There are three types of exposure procedures. The first is in vivo or “real life.” This type exposes the patient to actual fear-inducing situations. For example, if someone fears public speaking, the person may be asked to give a speech to a small group of people. The second type of exposure is imaginal, where patients are asked to imagine a situation that they are afraid of. This procedure is helpful for people who need to confront feared thoughts and memories. The third type of exposure is interoceptive, which may be used for more specific disorders such as panic or post-traumatic stress disorder. Patients confront feared bodily symptoms such as increased heart rate and shortness of breath. All types of exposure may be used together or separately.[19]
While evidence clearly supports the effectiveness of exposure therapy, some clinicians are uncomfortable using imaginal exposure therapy, especially in cases of PTSD. They may not understand it, are not confident in their own ability to use it, or more commonly, they see significant contraindications for their client.[20][21]
Flooding therapy also exposes the patient to feared stimuli, but it is quite distinct in that flooding starts at the most feared item in a fear hierarchy, while exposure starts at the least fear-inducing.[22][23]
Exposure and response prevention
In the exposure and response prevention (ERP or EX/RP) variation of exposure therapy, the resolution to refrain from the escape response is to be maintained at all times and not just during specific practice sessions.[24] Thus, not only does the subject experience habituation to the feared stimulus, but they also practice a fear-incompatible behavioral response to the stimulus. The distinctive feature is that individuals confront their fears and discontinue their escape response.[25] The American Psychiatric Association recommends ERP for the treatment of OCD, citing that ERP has the richest empirical support.[26]
While this type of therapy typically causes some short-term anxiety, this facilitates long-term reduction in obsessive and compulsive symptoms.[27][28]:103 Generally, ERP incorporates a relapse prevention plan toward the end of the course of therapy.[24]
History
The use of exposure as a mode of therapy began in the 1950s, at a time when psychodynamic views dominated Western clinical practice and behavioral therapy was first emerging. South African psychologists and psychiatrists first used exposure as a way to reduce pathological fears, such as phobias and anxiety-related problems, and they brought their methods to England in the Maudsley Hospital training program.[29]

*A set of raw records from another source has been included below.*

//! The book of a recorded map, which one caller at a time uses.
ghost use Rattle.std.specs.Prelude.{◌≡◌, ◌++◌, ◌∷◌, [], length, OnOk, OnErr, IfOk, IfErr};
ghost use Rattle.flurry_seq.specs.Contents.{contents};
ghost use Rattle.flurry_seq_recorded.specs.Closing.{IsClosed, HasFault};
ghost use Rattle.flurry_seq_recorded.specs.Books.{book_contents, Appends, IsBook, IsRecorded};

use crate::checks::first_fault;
use crate::closed::{CloseFault, Closed};
use crate::kept::{KeptCall, KeptEntry};
use crate::replies::reply_to;
use crate::share::{Receipt, Share};
use flurry_base::hash::{DefaultHashBuilder, KeyHasher};
use flurry_base::reply::KeptReply;
use flurry_seq::SeqMap;
use std::alloc::{AllocError, Allocator, Global};
use std::marker::Model;

/// An owned map, the history of its calls, and the numbers of its shares.
///
/// The calls of the history, made one after another on an empty map, give the recorded replies and leave the map. The shares are numbered
/// from 0.
///
/// ```
/// let mut book = Book::new(alloc, LowHashBuilder);
/// let (place, _reply) = book.call(KeptCall::Insert(key, value))?;
/// Ok(place)
/// ```
#[derive(Drop)]
pub struct Book<K: Ord, V, S: KeyHasher<K> = DefaultHashBuilder, A: Allocator = Global> {
    pub(crate) map: SeqMap<K, V, S, A>,
    pub(crate) history: Vec<KeptEntry<K, V>, A>,
    pub(crate) shares: Vec<usize, A>,
}

impl<K: Ord, V, S: KeyHasher<K>, A: Allocator> Model for Book<K, V, S, A> {
    ghost use Rattle.flurry_seq_recorded.specs.Closing.{IsClosed, HasFault};
    ghost use Rattle.flurry_seq_recorded.specs.Books.{BookContents, book_contents, IsBook};

    ghost Value = { BookContents K V S };

    ghost view = { λ b. book_contents b.map b.history.items b.shares.items };

    ghost invariant = { λ b. IsBook K.cmp (book_contents b.map b.history.items b.shares.items) };
}

impl<K: Ord + Copy, V: Copy, S: KeyHasher<K>, A: Allocator + Copy> Book<K, V, S, A> {
    /// Creates a book of an empty map that uses `hasher`, with an empty history and no shares. Takes no memory.
    pub fn new(alloc: A, hasher: S) -> Self
        ensures { result ≡ book_contents (contents [] 0 hasher) [] [] }
    {
        Book {
            map: SeqMap::with_hasher(alloc, hasher),
            history: Vec::new(alloc),
            shares: Vec::new(alloc),
        }
    }

    /// Makes `call` on the map, and appends it with its reply to the history. Returns the place of the call in the history, counted from 0,
    /// and the reply.
    ///
    /// Takes the time of the map's call, apart from the growth of the history.
    ///
    /// # Errors
    ///
    /// Returns [`AllocError`] if memory for the entry or for the map's call cannot be allocated. The book is unchanged.
    pub fn call(&mut self, call: KeptCall<K, V>) -> Result<(usize, KeptReply<K, V>), AllocError>
        ensures ok { IfOk result (λ r. Appends K.cmp self.old call r.0 r.1 self.new) }
        ensures book { IsBook K.cmp self.old }
        ensures err { OnErr result (self.new ≡ self.old) }
    {
        self.history.reserve(1)?;
        let reply = reply_to(&mut self.map, call)?;
        let place = self.history.len();
        self.history.push_reserved(KeptEntry { call, reply });
        Ok((place, reply))
    }

    /// Makes `call` for `share`, which keeps a receipt of it as its last receipt, and returns the reply.
    ///
    /// Takes the time of the map's call, apart from the growth of the history and of the receipts.
    ///
    /// # Errors
    ///
    /// Returns [`AllocError`] if memory for the receipt, the entry or the map's call cannot be allocated. The book and the share are
    /// unchanged.
    pub fn call_for(
        &mut self,
        share: &mut Share<K, V, A>,
        call: KeptCall<K, V>,
    ) -> Result<KeptReply<K, V>, AllocError>
        ensures ok { IfOk result (λ r. IsRecorded K.cmp self.old share.old call r self.new share.new) }
        ensures book { OnOk result (IsBook K.cmp self.old) }
        ensures err { OnErr result ((self.new ≡ self.old) × (share.new ≡ share.old)) }
    {
        share.receipts.reserve(1)?;
        let (place, reply) = self.call(call)?;
        share.receipts.push_reserved(Receipt { place, call, reply });
        Ok(reply)
    }

    /// Takes back `shares`, closes the book, and returns the map and the history if the shares fit them.
    ///
    /// Linear in the length of the history and in the number of shares.
    ///
    /// # Errors
    ///
    /// Returns the first of these faults that applies. The book and the shares are dropped.
    ///
    /// - [`CloseFault::SharesDiffer`] if the shares are not those that the book has numbered, each once, or if the number of their receipts
    ///   is not the number of calls in the history.
    /// - [`CloseFault::ReceiptsDiffer`] if the history has another call or another reply, or none, at the place of a receipt.
    /// - [`CloseFault::PlacesDiffer`] if the places of a share do not ascend in the order of its receipts, or if two receipts name one
    ///   place.
    /// - [`CloseFault::NoMemory`] if memory cannot be allocated, which can be found before any of the others.
    pub fn close(self, shares: Vec<Share<K, V, A>, A>) -> Result<Closed<K, V, S, A>, CloseFault>
    where
        V: PartialEq,
        S: Drop,
        ensures parts { IfOk result (λ c. (c.map ≡ self.contents) × (c.history.items ≡ self.history)) }
        ensures closed { IfOk result (λ c. IsClosed ⟦<KeptCall<K, V> as PartialEq>⟧.eq
            ⟦<KeptReply<K, V> as PartialEq>⟧.eq K.cmp c.history.items c.map.pairs shares.items) }
        ensures all { OnOk result (length shares.items ≡ length self.shares) }
        ensures err { IfErr result
            (HasFault ⟦<KeptCall<K, V> as PartialEq>⟧.eq ⟦<KeptReply<K, V> as PartialEq>⟧.eq
            (length self.shares) self.history shares.items) }
    {
        let alloc = *self.map.allocator();
        if let Err(fault) = first_fault(alloc, self.shares.len(), &self.history, &shares) {
            return Err(fault);
        }
        let Book { map, history, .. } = self;
        Ok(Closed { map, history })
    }

    /// Adds the next share, and returns its number. Shares are numbered from 0.
    ///
    /// Constant time, apart from the growth of the list of shares.
    ///
    /// # Errors
    ///
    /// Returns [`AllocError`] if memory for the number cannot be allocated. The book is unchanged.
    pub fn share(&mut self) -> Result<usize, AllocError>
        ensures ok { IfOk result (λ n. (n ≡ length self.old.shares)
            × (self.new ≡ book_contents self.old.contents self.old.history (self.old.shares ++ n ∷ []))) }
        ensures err { OnErr result (self.new ≡ self.old) }
    {
        let number = self.shares.len();
        self.shares.push(number)?;
        Ok(number)
    }
}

Joseph Wolpe (1915–1997) was one of the first psychiatrists to spark interest in treating psychiatric problems as behavioral issues. He sought consultation with other behavioral psychologists, among them James G. Taylor (1897–1973), who worked in the psychology department of the University of Cape Town in South Africa. Although most of his work went unpublished, Taylor was the first psychologist known to use exposure therapy treatment for anxiety, including methods of situational exposure with response prevention—a common exposure therapy technique still being used.[29] Since the 1950s several sorts of exposure therapy have been developed, including systematic desensitization, flooding, implosive therapy, prolonged exposure therapy, in vivo exposure therapy, and imaginal exposure therapy.[29]
Mindfulness
A 2015 review pointed out parallels between exposure therapy and mindfulness, stating that mindful meditation “resembles an exposure situation because [mindfulness] practitioners ‘turn towards their emotional experience’, bring acceptance to bodily and affective responses, and refrain from engaging in internal reactivity towards it.”[30] Imaging studies have shown that the ventromedial prefrontal cortex, hippocampus, and the amygdala are all affected by exposure therapy; imaging studies have shown similar activity in these regions with mindfulness training.[30]
Research
Exposure therapy can be investigated in the laboratory using Pavlovian extinction paradigms. Using rodents such as rats or mice to study extinction allows for the investigation of underlying neurobiological mechanisms involved, as well as testing of pharmacological adjuncts to improve extinction learning.[31][32]